Ekibin Cersei’yi ikna etme çabası pek etkili olmadı. Çünkü Cersei’nin gözü dönmüş artık. Geçen bölümde de belirttiğim gibi, aklını kaybetmiş artık. Tek derdi düşmanlarını ezmek. Bir imkanı varsa ki onu da öğrendik, her şeyi deneyecek. Ejderhalar bile onu yerinden kaldırmadı. Jamie’nin ise suratı hemen korku ile doldu. Çünkü Cersei koltuğunda otururken Jamie savaş alanında olanları gördü ve olabilecekleri biliyor. Tabii Cersei’nin karizma wight’i görünce iptal oldu. Ölüm, gerçekti. Hepsinin karşısındaydı. Bu sahne bunun gibi sahneler bu senenin en sevdiğim sahneleri. Acaba ne olacak sorularına resmen cevap aldık. Fakat Cersei’yi hiçbir şekilde ikna edemediler. Ölüm bile onu etkilemeye yetmedi. Dediğim gibi, Cersei tek bir umudu varsa bile ona tutunur.

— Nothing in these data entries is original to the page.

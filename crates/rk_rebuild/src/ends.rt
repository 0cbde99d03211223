// The last end of each client, in the order of the logs that record them.
ghost use Rattle.std.specs.Prelude.{◌≡◌, ◌++◌, List, [], map, IfOk, OnOk};
ghost use Rattle.std.specs.List.{flat_map, list_any};
ghost use Rattle.rk_types.specs.declared.call.Ended.{Ended as End_of};
ghost use Rattle.rk_done.specs.Completions.{completions_from, noted};
ghost use Rattle.rk_types.specs.NumberMap.{get};
ghost use Rattle.rk_world.specs.Ends.{end_of_item as item_end_lem, end_of_refusal as refusal_end_lem, told as told_lem, told_by};
ghost use Rattle.rk_world.specs.Merge as merging;
ghost use Rattle.rk_rebuild.specs.Lent.{lent};
ghost use Rattle.rk_rebuild.specs.Told.{ends_told};

use rk_done::Completion;
use rk_entry::{Entry, Refused};
use rk_types::{End, Ended, Held, Listed, NoMemory, Numbered};
use std::alloc::Global;

/// The ends that these entries record, in their order. A step for each end.
pub(crate) fn told(alloc: Global, entries: &[&Entry]) -> Result<Listed<Ended>, NoMemory>
    ensures { IfOk result (λ ends. ends ≡ told_lem (lent entries.now)) }
{
    let mut ends = Vec::new(alloc);
    for entry in entries {
        tell(&mut ends, entry)?;
    }
    Ok(Listed::from_vec(ends))
}

// Puts the ends that an entry records behind those that are there.
fn tell(ends: &mut Vec<Ended>, entry: &Entry) -> Result<(), NoMemory>
    ensures { OnOk result (ends.new.items ≡ ends.old.items ++ told_by entry.now) }
{
    match entry {
        Entry::Held(held) => {
            ends.push(Ended {
                client: held.client,
                seq: held.seq,
                end: end_of_item(held),
            })?;
            Ok(())
        }
        Entry::Refused(refused) => {
            ends.push(Ended {
                client: refused.client,
                seq: refused.seq,
                end: end_of_refusal(refused),
            })?;
            Ok(())
        }
        Entry::Carried(carried) => {
            ends.extend_from_slice(carried.ends.as_slice())?;
            Ok(())
        }
        Entry::Joined(_) => Ok(()),
    }
}

// How the call that left an item ended.
fn end_of_item(held: &Held) -> End
    ensures { result ≡ item_end_lem held.now.version held.now.value }
{
    match &held.value {
        Some(_) => End::Written(held.version),
        None => End::Deleted(held.version),
    }
}

// How a refused call ended.
fn end_of_refusal(refused: &Refused) -> End
    ensures { result ≡ refusal_end_lem refused.now }
{
    if refused.absent {
        End::Absent
    } else {
        End::Mismatch(refused.found)
    }
}

/// The last end of each client, of the ends that each member records: in the order of the members that record them
/// last, and within a member by place. Of several ends of that call the first one recorded counts. A search for each
/// end that is recorded, and for each that no later call outruns a look at the ends that are found so far, of which
/// there is one for each client.
pub(crate) fn merged_ends(alloc: Global, told: &[Listed<Ended>]) -> Result<Vec<Ended>, NoMemory>
    ensures { IfOk result (λ ends. ends.items ≡ ends_told told.now) }
{
    let last = last_ends(alloc, told)?;
    let ends = ends_by_place(alloc, &last, told)?;
    first_ends(alloc, &last, ends.as_slice())
}

// How each client's last call ended, as the members record it.
fn last_ends(alloc: Global, told: &[Listed<Ended>]) -> Result<Numbered<Completion>, NoMemory>
    ensures { IfOk result (λ last. last ≡ completions_from [] (flat_map (λ ends. ends) told.now)) }
{
    let mut last = Numbered::new(alloc);
    for ends in told {
        note_all(&mut last, ends.as_slice())?;
    }
    Ok(last)
}

// Notes ends, one after the other.
fn note_all(last: &mut Numbered<Completion>, ends: &[Ended]) -> Result<(), NoMemory>
    ensures { OnOk result (last.new ≡ completions_from last.old ends.now) }
{
    for end in ends {
        note(last, *end)?;
    }
    Ok(())
}

// Notes how a call ended, unless the last one of its client is as late.
fn note(last: &mut Numbered<Completion>, end: Ended) -> Result<(), NoMemory>
    ensures { OnOk result (last.new ≡ noted last.old end) }
{
    if let Some(there) = last.get(u64::from(end.client)) {
        if there.seq >= end.seq {
            return Ok(());
        }
    }
    last.insert(
        u64::from(end.client),
        Completion {
            seq: end.seq,
            end: end.end,
        },
    )
}

// The ends that have their place at some member, member by member.
fn ends_by_place(
    alloc: Global,
    last: &Numbered<Completion>,
    told: &[Listed<Ended>],
) -> Result<Vec<Ended>, NoMemory>
    ensures { IfOk result (λ ends. (all : List End_of) → last.now ≡ completions_from [] all
        → ends.items ≡ merging.ends_by_place all told.now) }
{
    let mut ends = Vec::new(alloc);
    let mut at = told.len();
    'members: while at > 0 {
        at -= 1;
        let mut here = placed(alloc, last, ends.as_slice(), told[at].as_slice())?;
        here.extend_from_slice(ends.as_slice())?;
        ends = here;
    }
    Ok(ends)
}

// The ends of one member that have their place there, given that these have theirs at later ones.
fn placed(
    alloc: Global,
    last: &Numbered<Completion>,
    later: &[Ended],
    told: &[Ended],
) -> Result<Vec<Ended>, NoMemory>
    ensures { IfOk result (λ ends. (all : List End_of) (members : List (List End_of))
        → last.now ≡ completions_from [] all → later.now ≡ merging.ends_by_place all members
        → ends.items ≡ merging.placed_ends all (flat_map (λ ends. ends) members) [] told.now) }
{
    let mut ends = Vec::new(alloc);
    for end in told {
        if is_placed(last, later, ends.as_slice(), end) {
            ends.push(*end)?;
        }
    }
    Ok(ends)
}

// Whether the place of an end is at this member, given that these ends have theirs at later ones and these before it here.
fn is_placed(last: &Numbered<Completion>, later: &[Ended], here: &[Ended], end: &Ended) -> bool
    ensures { (all seen : List End_of) (members : List (List End_of))
        → last.now ≡ completions_from [] all → later.now ≡ merging.ends_by_place all members
        → here.now ≡ merging.placed_ends all (flat_map (λ ends. ends) members) [] seen
        → result ≡ merging.is_placed all (flat_map (λ ends. ends) members) seen end.now }
{
    if is_outrun(last, end) {
        return false;
    }
    if has_call(later, end) {
        return false;
    }
    !has_call(here, end)
}

// Whether a later call of the client ended.
fn is_outrun(last: &Numbered<Completion>, end: &Ended) -> bool
    ensures { (all : List End_of) → last.now ≡ completions_from [] all
        → result ≡ list_any (merging.is_outrun_by end.now) all }
{
    match last.get(u64::from(end.client)) {
        Some(there) => end.seq < there.seq,
        None => false,
    }
}

// Whether an end of the same call is among these.
fn has_call(ends: &[Ended], end: &Ended) -> bool
    ensures { result ≡ list_any (merging.is_same_call end.now) ends.now }
{
    ends.iter()
        .any(|other| end.client == other.client && end.seq == other.seq)
}

// The end that counts for each of these calls.
fn first_ends(
    alloc: Global,
    last: &Numbered<Completion>,
    ends: &[Ended],
) -> Result<Vec<Ended>, NoMemory>
    ensures { IfOk result (λ firsts. firsts.items ≡ map (λ end. merging.first_told end (get last.now end.client)) ends.now) }
{
    let mut firsts = Vec::new(alloc);
    for end in ends {
        firsts.push(first_told(last, end))?;
    }
    Ok(firsts)
}

// The end that counts for a call.
fn first_told(last: &Numbered<Completion>, end: &Ended) -> Ended
    ensures { result ≡ merging.first_told end.now (get last.now end.now.client) }
{
    match last.get(u64::from(end.client)) {
        None => *end,
        Some(there) => Ended {
            client: end.client,
            seq: there.seq,
            end: there.end,
        },
    }
}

Bu bölümde önemli olan ve bence -gelecek sezon çıkacak konu- Tyrion ile ne konuştukları? Tyrion ne dedi de ikna etti. Ya da ikna ettiğini mi sandık? Tyrion Cersei’nin planlarını biliyor mu? Çünkü Tyrion’un bölümün sonunda attığı bakışa hiçbir anlam veremedim. “Aşk” ise dizinin en saçma olayı olur. Ama tehlikeli bir bakışsa ki olabilir, Tyrion Khaleesi’nin kehanetindeki son ihanet mi?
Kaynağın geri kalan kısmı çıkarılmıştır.